The new mobsters operate legally through their companies and present themselves as "brokers" for waste management and disposal services, offering much lower prices than other existing companies on the legal market.

Hazardous waste, often very toxic,

which pretend to recycle end up in illegal landfills scattered throughout Europe.

The most serious risk is that with this method the waste returns to the environment in a different form and with extremely dangerous toxic potential (think of a tomato field on land used as an illegal dump).

The same plastic or similar materials can pose a threat to human health if they are not subjected to the correct reconversion process.

In the period of Covid-19, therefore, of economic crisis, saving money can be a necessity, for which, in the various industrial sectors, the demand for illegal waste disposal services is growing.

The mafias know what and how to do to identify companies and industries in crisis by offering them specialized services precisely in low-cost waste management.

The companies involved in such activities are often accomplices – in some cases by prior arrangement – ​​of organized crime.

The new mafias are well organized among themselves and ours, for example, have close contacts with all the other criminal associations rooted in the Member States of the European Union.

Hazardous waste is usually transferred to a compliant Member State (eg Slovenia, Bulgaria, Slovakia, Romania).

Do emergency situations favor this business?

Emergencies are godsend for the mafias.

In the private sector, businesses are at the center of trafficking, while in the public sector there are mainly local administrations and companies (Municipalities and Local Health Authorities in primis).

The needs of both can also be satisfied thanks to the immediate intervention of organized crime.

How can this trafficking be stopped?

Trying to hinder contacts between the mafias and white-collar workers in every part of the world.

By maximizing interstate collaboration because the new mafias are transnational.

It will be necessary to involve all the national, European and international institutions in this struggle and to assiduously sensitize public opinion.

The emergency linked to waste disposal often becomes permanent and feeds on itself in prolonged crisis situations.

The greatest risks come mainly from subcontracting, the maximum discount and the lack of transparency.

This sector will therefore need to be controlled effectively.

The lack of disposal facilities does not help.

The increase in passages, both due to subcontracting for disposal and for the transport of waste,

it increases the costs for the State and criminality takes advantage of this, exploiting each phase also to launder its own dirty money.

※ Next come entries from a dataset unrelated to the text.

ghost use Rattle.std.specs.Prelude.{◌≡◌};

use crate::instr::Instr;
use crate::line::{TableLine, Values};
use crate::place::*;
use crate::table::table;

/// An instruction as the table has it: its line, its form, and the values of its fields in the order of the line.
#[derive(Clone, Copy)]
pub struct Parts {
    pub line: &'static TableLine,
    pub wide: bool,
    pub values: Values,
}

/// An arm for each line.
macro_rules! parts {
    (
        ($instr:ident)
        both { $($both:ident $wide:literal $narrow:literal { $($field:ident: $type:ident = $place:ident),* })* }
        one { $($one:ident $base:literal { $($one_field:ident: $one_type:ident = $one_place:ident),* })* }
    ) => {
        match $instr {
            $(Instr::$both { wide, $($field),* } => Parts {
                line: &TableLine { base: $wide, narrow: $narrow, places: four!(NONE; $($place),*) },
                wide,
                values: four!(0; $(value!($type $field)),*),
            },)*
            $(Instr::$one { $($one_field),* } => Parts {
                line: &TableLine { base: $base, narrow: $base, places: four!(NONE; $($one_place),*) },
                wide: true,
                values: four!(0; $(value!($one_type $one_field)),*),
            },)*
        }
    };
}

macro_rules! value {
    (Reg $field:ident) => { $field.0 as u32 };
    ($type:ident $field:ident) => { $field as u32 };
}

macro_rules! four {
    ($none:expr;) => { ($none, $none, $none, $none) };
    ($none:expr; $a:expr) => { ($a, $none, $none, $none) };
    ($none:expr; $a:expr, $b:expr) => { ($a, $b, $none, $none) };
    ($none:expr; $a:expr, $b:expr, $c:expr) => { ($a, $b, $c, $none) };
    ($none:expr; $a:expr, $b:expr, $c:expr, $d:expr) => { ($a, $b, $c, $d) };
}

impl Instr {
    ghost use Rattle.a64_code.specs.Table.{entry};
    ghost use Rattle.a64_code.specs.Listed.{listed_line, four_values};

    /// The parts of this instruction.
    pub(crate) fn parts(self) -> Parts
        ensures line { result.line.now ≡ listed_line (entry self).form.line }
        ensures wide { result.wide ≡ (entry self).form.wide }
        ensures values { result.values ≡ four_values (entry self).values }
    {
        table!(parts self)
    }
}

Now states have the need to dispose of huge quantities of medical waste.

These are hazardous materials, which have the incinerator as their only destination.

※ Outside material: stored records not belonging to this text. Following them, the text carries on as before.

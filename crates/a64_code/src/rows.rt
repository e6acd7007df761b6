use crate::instr::{Instr, Reg};
use crate::place::*;
use crate::table::table;

/// A row of the table as a search wants it: the word with all fields zero, the bits where no field stands, and the
/// instruction of that word.
pub struct TableRow {
    pub base: u32,
    pub fixed: u32,
    pub blank: Instr,
}

/// The rows of all instructions on 64 bits, or of their one form, and then those on 32 bits.
macro_rules! rows {
    (
        ()
        both { $($both:ident $wide:literal $narrow:literal $fields:tt)* }
        one { $($one:ident $base:literal $one_fields:tt)* }
    ) => {
        [
            $(row!($wide wide $both { wide: true, } $fields),)*
            $(row!($base wide $one {} $one_fields),)*
            $(row!($narrow narrow $both { wide: false, } $fields),)*
        ]
    };
}

macro_rules! row {
    ($base:literal $width:ident $name:ident { $($form:tt)* } { $($field:ident: $type:ident = $place:ident),* }) => {
        TableRow {
            base: $base,
            fixed: !(0 $(| ((1 << $place.$width) - 1) << $place.low)*),
            blank: Instr::$name { $($form)* $($field: zero!($type)),* },
        }
    };
}

macro_rules! zero {
    (Reg) => { Reg(0) };
    ($type:ident) => { 0 };
}

macro_rules! count {
    (
        ()
        both { $($both:ident $wide:literal $narrow:literal $fields:tt)* }
        one { $($one:ident $base:literal $one_fields:tt)* }
    ) => {
        0 $(+ rows_of!($wide $narrow))* $(+ rows_of!($base))*
    };
}

macro_rules! rows_of {
    ($wide:literal $narrow:literal) => { 2 };
    ($base:literal) => { 1 };
}

/// The number of rows.
const ROW_COUNT: usize = table!(count);

/// The table: each form on 64 bits in the order of the lines, and then those on 32 bits.
pub static ROWS: [TableRow; ROW_COUNT] = table!(rows);
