//! The parts of a journal, each read from the lines that come next.
ghost use Rattle.std.specs.Prelude.{◌≡◌, ◌≢◌, ◌+◌, ◌≤◌, ◌<◌, ◌↔◌, ℕ, [], true, Err, Ok, None, Option, Some, Contains, IfOk, IfErr, IfSome, IsTrue, OnOk, drop, false, length, slice_range, take};
ghost use Rattle.std.specs.List.{list_all};
ghost use Rattle.kn_event.specs.EventLine.{event_of, event_text, is_printable, Spells};
ghost use Rattle.kn_preamble.specs.First.{version_most};
ghost use Rattle.kn_journal.specs.LineCalls.{DrawsBy, FindsNothing, HasLfAt, HasFirstLine, HasLfFrom, IsFromAhead, IsNextEvent, RestOfFirst, RestOf, SparesSource, TakesAhead, TakesLines, TakesNext, TellsEvent, TellsPart, TextAhead};
ghost use Rattle.kn_journal.specs.Lines.{line_most};
ghost use Rattle.kn_journal.specs.Reading.{TakesPart, most_taken, unread};
ghost use Rattle.kn_journal.specs.Telling.{AmidNext, IsCauseOf, IsEventFault, IsLineFault, Judges, Lacks, OnEvent};
ghost use Rattle.kn_journal.specs.Bundle.{next_by};
ghost use Rattle.kn_journal.specs.Journal.{first_part, in_time, start_line_in, start_of, start_part, time_most};
ghost use Rattle.kn_journal.specs.Series.{nothing_part};

use crate::error::JournalError;
use crate::first::judge_first;
use crate::input::Input;
use crate::lines::{NoLine, read_line};
use kn_event::{
    Event, LastTime, LineError, Memory, first_end, last_number, read_event, spellings_are_read,
};
use kn_io::Source;
use kn_preamble::FirstLine;
use memchr::memchr;
use std::alloc::Global;
use std::marker::Model;

/// The greatest time, in milliseconds.
pub const TIME_MOST: u64 = 1 << 42;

We therefore need greater traceability, because crime has been doing profitable business in this sector for too long.

Vincenzo Musacchio, forensic criminologist, jurist, associated with the Rutgers Institute on Anti-Corruption Studies (RIACS) in Newark (USA).

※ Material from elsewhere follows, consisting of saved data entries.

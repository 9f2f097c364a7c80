//! How deep parentheses are nested.

ghost use Rattle.std.specs.Prelude.{◌≡◌, ℕ, List};
ghost use Rattle.gadget_grammar.specs.Nesting.{is_too_deep};
ghost use Rattle.gadget_grammar.specs.Seen.{symbols_in};

use gadget_text::{Token, TokenKind};

/// In each prefix of a line at most this many more parentheses are opened than closed.
pub const MOST_OPEN_PARENTHESES: u64 = 64;

/// Whether in some prefix more parentheses are open than may be.
pub(crate) fn is_too_deep(tokens: &[Token]) -> bool
    ensures { (bytes : List ℕ) → result ≡ is_too_deep 0 0 (symbols_in bytes tokens.now) }
{
    let mut opened = 0u64;
    let mut closed = 0u64;
    for token in tokens {
        match token.kind {
            TokenKind::Open => {
                opened += 1;
                if MOST_OPEN_PARENTHESES + closed < opened {
                    return true;
                }
            }
            TokenKind::Close => closed += 1,
            _ => {}
        }
    }
    false
}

He is an independent researcher and member of the Higher School of Strategic Studies in Organized Crime of the Royal United Services Institute in London.

In his career he was a pupil of Giuliano Vassalli, a friend and collaborator of Antonino Caponnetto, an Italian magistrate known for having led the anti-mafia pool with Falcone and Borsellino in the second half of the eighties.

He is among the most accredited scholars of the new transnational mafias.

Expert in strategies for fighting organized crime.

Author of numerous essays and of a monograph published in fifty-four countries written with Franco Roberti entitled "The fight against the new mafias fought at a transnational level".